Task: Define Data Mapping of Producer to Consumer

Objective: The purpose of this task is to develop a detailed mapping of the producer system data elements to the consumer data element structure. This task involves creating a matrix that identifies the necessary source system elements and maps them to the database elements defined for the increment. Data Profiling tools can help define the structures of the source and target environment and ideally the source and target definitions and transformation rules will be stored in a metadata repository as opposed to a spreadsheet-based matrix.

There are 4 steps to this task:

  • Map Source Data Elements to Target Data Elements
  • Refine Required Producer System Data
  • Define Business Rule Transformations
  • Define Technical Transformations


Input:

  • Detailed Business Requirements for Increment
  • ETL Conceptual Design/Solution Architecture
  • Producer and Consumer Physical Data Models
  • Results from Data Profiling
  • Updated Metadata Repository (from Data Profiling)


Output:

  • ETL Logical Design updated with Data Mapping and Transformation Rules
  • Updated Metadata Repository

Step: Map Producer Data Elements to Consumer Data Elements

Objective: Source data is mapped to target data. Some data may be mappable 1:1. Some producer data elements may need to be combined to create a consumer data element.

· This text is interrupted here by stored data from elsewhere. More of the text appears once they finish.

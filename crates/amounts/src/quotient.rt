// Whole numbers from a signed quotient.
ghost use Rattle.std.specs.Prelude.{◌≡◌, ◌*◌, ◌≤◌, ℤ, pos, ◌≤ℤ◌, ◌<ℤ◌, int_div, nat_le};
ghost use Rattle.amounts.specs.Quotients.{Rounded, Cut, quotient_rounded, quotient_cut};

use crate::divisor::Divisor;

// The machine's quotient, which drops the fraction.
fn truncated(amount: i64, divisor: i64) -> i64
    requires { pos 0 <ℤ divisor }
    ensures { result ≡ int_div amount divisor }
{
    amount / divisor
}

// Whether a remainder reaches half of its divisor.
fn reaches_half(remainder: u64, divisor: u64) -> bool
    requires { remainder ≤ divisor }
    ensures { result ≡ nat_le divisor (2 * remainder) }
{
    remainder >= divisor - remainder
}

// The quotient, cut towards zero.
pub fn cut(amount: i64, divisor: Divisor) -> i64
    ensures cut { Cut amount divisor.value result }
    ensures only { (s : ℤ) → Cut amount divisor.value s → s ≡ result }
    ensures value { result ≡ quotient_cut amount divisor.value }
{
    // `as` loses nothing: a divisor is at most 10^12.
    truncated(amount, divisor.get() as i64)
}

// The quotient, rounded to the nearest whole number, halves away from zero.
pub fn rounded(amount: i64, divisor: Divisor) -> i64
    ensures rounded { Rounded amount divisor.value result }
    ensures only { (s : ℤ) → Rounded amount divisor.value s → s ≡ result }
    ensures value { result ≡ quotient_rounded amount divisor.value }
    ensures rising { (y : ℤ) → amount ≤ℤ y → result ≤ℤ quotient_rounded y divisor.value }
{
    let quotient = cut(amount, divisor);
    let remainder = amount.unsigned_abs() % divisor.get();
    if reaches_half(remainder, divisor.get()) {
        quotient + amount.signum()
    } else {
        quotient
    }
}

In a simple project sources could be loaded directly to targets. In a complex project, there could be multiple mapping segments, for example:

  • Producer to Staging Area
  • Staging Area to Enterprise Data Warehouse
  • Enterprise Data Warehouse to Data Marts

Ideally, the mapping would go into a metadata repository as opposed to a static document such as a spreadsheet.


Input:

  • Catalogue of Producer Data Elements
  • Overall Process Flow
  • Data Models
  • Metadata Repository


Output:

  • ETL Logical Design updated with Mapping Rules Defined
  • Updated Metadata Repository

Step: Refine Required Producer System Data

Objective: Often, only selected source data is required to be loaded into the target environment. It is preferable to filter out the unnecessary data during data extraction from the source. The filtering criteria rules are defined in this step.


Input:

  • Detailed Business Requirements for Increment
  • Results of Data Profiling
  • Metadata Repository


Output:

  • ETL Logical Design updated with Refined Producer for only required data
  • Updated Metadata Repository

Step: Define Business Rule Transformations

Objective: Business rule transformations describe changes required for business reasons. These are based upon the content and meaning of the data, not just the format. Profiling tools can be valuable for helping to discover business rules.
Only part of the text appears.